Charlotte Oxley is now our new PR and online Fundraising Officer. We are glad to have her on board and we are looking forward to increasing our online presence in the new year (email@example.com). A big THANK YOU to Ian Towle for his great work as our former pr officer!
Katie Chabiere is now the Education Officer for MPC Foundation. After working really hard as a Regional Coordinator and doing a fantastic job with the Yorkshire education projects and during the survey in Marrakech earlier on in the year, she is the perfect person to fulfil this role. We are super pleased to have her on our team in this important position! (firstname.lastname@example.org)
Kristina Stazaker’s role changed from Fundraising and Development worker to the Fundraising Development Manager.
MPC UK really wants to increase the Regional Fundraising Coordinator network so if you are interested or you know anyone who may be please can you tell them to email email@example.com more
On October 1st MPC organsied a meeting in Rabat together with the High Commissary of Water and Forests to talk about a solution for confiscated Barbary macaques in Morocco.

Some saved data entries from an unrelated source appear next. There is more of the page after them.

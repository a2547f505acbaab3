// A message with the keystream added.
ghost use Rattle.std.specs.Prelude.{◌≡◌, ◌++◌, ◌*◌, ◌≤◌, ◌<◌, length, take, drop};
ghost use Rattle.bits.specs.Bytes.{word, flip};
ghost use Rattle.generators.specs.Keystream.{added};
ghost use Rattle.grainv1.specs.Functions.{grainv1};
ghost use Rattle.grainv1.specs.Words.{generator_of};

use crate::keystream;
use crate::registers::Registers;

// One to eight bytes with the first places of a word added, one to each bit.
fn add_places(places: u64, s: &[u8], out: &mut [u8])
    requires { (0 < length s.now) × (length s.now ≤ 8) × (length out.old ≡ length s.now) }
    ensures { out.new ≡ flip s.now (take (8 * length s.now) (word 64 places)) }
{
    let above = 64 - 8 * s.len();
    bits::spell(bits::number(s) ^ (places >> above), out);
}

// At the front of an output that has room for the message: eight bytes at a time, and those that are left.
pub fn add(g: Registers, s: &[u8], out: &mut [u8])
    requires { length s.now ≤ length out.old }
    ensures { out.new ≡ added grainv1 flip 1 (generator_of g) s.now ++ drop (length s.now) out.old }
{
    let mut now = g;
    for (i, piece) in s.chunks(8).enumerate() {
        let at = 8 * i;
        let end = at + piece.len();
        let k = keystream::word(now);
        add_places(k.outputs, piece, &mut out[at..end]);
        now = k.registers;
    }
}
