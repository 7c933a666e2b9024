// Frame 0C, who is across an edge: why it is refused, and what it is answered.

#![tactic(auto)]

ghost use Rattle.std.specs.Prelude.{◌≡◌, ◌+◌, ◌≤◌, length};
ghost use Rattle.frame.specs.Frame as F;
ghost use Rattle.building.specs.declared.Arrays.{Arrays};
ghost use Rattle.desk.specs.held.Holds.{service, Valid, Did, does};
ghost use Rattle.across.specs.held.Across.{Sorted, AcrossRow};

use desk::Desk;
use service::Refusal;

// Why it is refused: "02 with no building held; 05 for an unknown point; two equal numbers also 05".
fn of_across(d: Desk, m: usize, n: usize) -> Result<(), Refusal>
    ensures { AcrossRow d m n result }
{
    let points = d.held.points;
    if !modes::is_holding(d.mode) {
        return Err(Refusal::Misplaced);
    }
    if points <= m || points <= n || m == n {
        return Err(Refusal::Absent);
    }
    Ok(())
}

// The users of the edge between points m and n, from the edge table that is kept with the building.
pub fn ask(table: &[u64; 1024], room: &mut [u8], d: Desk, m: u16, n: u16) -> Desk
    requires { (d.at + 33 ≤ length room.old) × Sorted table.now d }
    ensures { (a : Arrays) → a.table ≡ table.now → Valid a d → Did (does (service a d) (F.across m n)) room.old d.at a room.new result }
{
    if let Err(refusal) = of_across(d, usize::from(m), usize::from(n)) {
        return desk::refuse(room, d, refusal);
    }
    let users = users::users_of(&table[..d.held.edges], m, n);
    let at = answer::put_across(room, d.at, users.count, users.lowest, users.second);
    Desk { at, ..d }
}
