//! Points, forms, normals and matrices of exact numbers, which take no memory.
#![tactic(auto)]

mod forms;
mod matrices;
mod normals;
mod numbers;
mod points;

pub use forms::{Form, squares, value};
pub use matrices::{Matrix, TooLarge, apply, inverse_of, times};
pub use normals::{Normal, pair};
pub use points::Point;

We invited BMCRif, Rabat Zoo and SPANA.
So far the zoo would take in occasional macaques but they have recently closed the doors to all macaques because they cannot provide shelter to the high numbers they already have and will receive in the future.
As the new law (29-05) will be announced in the beginning of 2014, regulating the capture and trade of wildlife in Morocco, MPC is really concerned that many macaques that are currently kept in captivity illegally in Morocco will end up being dumped in the forest or killed. The public will have a 6 month transition period in which they can “get rid” of their wildlife – after the 6 months they can receive a fine of minimum 2000 Euro for having a macaque. You can imagine that people will desparately want to get rid of the animals – and for this we really need a rescue center in place.
Not only for the individual animals this is important, but also to stimulate the autorities to enforce the law – if there is no place to take the macaques – there will be no confiscations – and if there are no confiscations the second largest threat to the Barbary macaques will continue to exist.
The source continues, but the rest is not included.